Please output the line that contains "mod refusal_tests;" and all later lines of the material, exactly, through the end.

/---

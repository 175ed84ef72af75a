//! The tests of sessions, which so are proved without them, once: what is typed, line by line, behind the lines of a script, as
//! transcripts; and sessions whose calls fail one by one, or that a crash stops. And those of extensions: the editor, lists, and an
//! extension of a few lines, as docs/EXTENSIONS.md shows it. No part of the product.
#![tactic(auto)]

#[cfg(test)]
mod access_tests;
#[cfg(test)]
mod cases;
#[cfg(test)]
mod century_tests;
#[cfg(test)]
mod copy_tests;
#[cfg(test)]
mod deck_tests;
#[cfg(test)]
mod decks;
#[cfg(test)]
mod disk_tests;
#[cfg(test)]
mod echo;
#[cfg(test)]
mod edit_tests;
#[cfg(test)]
mod edits;
#[cfg(test)]
mod erase_tests;
#[cfg(test)]
mod execio_tests;
#[cfg(test)]
mod extension_tests;
#[cfg(test)]
mod extensions;
#[cfg(test)]
mod fault_tests;
#[cfg(test)]
mod file_tests;
#[cfg(test)]
mod format_tests;
#[cfg(test)]
mod generated_scripts;
#[cfg(test)]
mod listing_tests;
#[cfg(test)]
mod lists;
#[cfg(test)]
mod number_three;
#[cfg(test)]
mod procedure_tests;
#[cfg(test)]
mod refusal_tests;
#[cfg(test)]
mod session;
#[cfg(test)]
mod session_tests;
#[cfg(test)]
mod stack_tests;
#[cfg(test)]
mod status_tests;
#[cfg(test)]
mod transcript;
#[cfg(test)]
mod trial;
#[cfg(test)]
mod volumes;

\---

Answer space:
mod refusal_tests;
#[cfg(test)]
mod session;
#[cfg(test)]
mod session_tests;
#[cfg(test)]
mod stack_tests;
#[cfg(test)]
mod status_tests;
#[cfg(test)]
mod transcript;
#[cfg(test)]
mod trial;
#[cfg(test)]
mod volumes;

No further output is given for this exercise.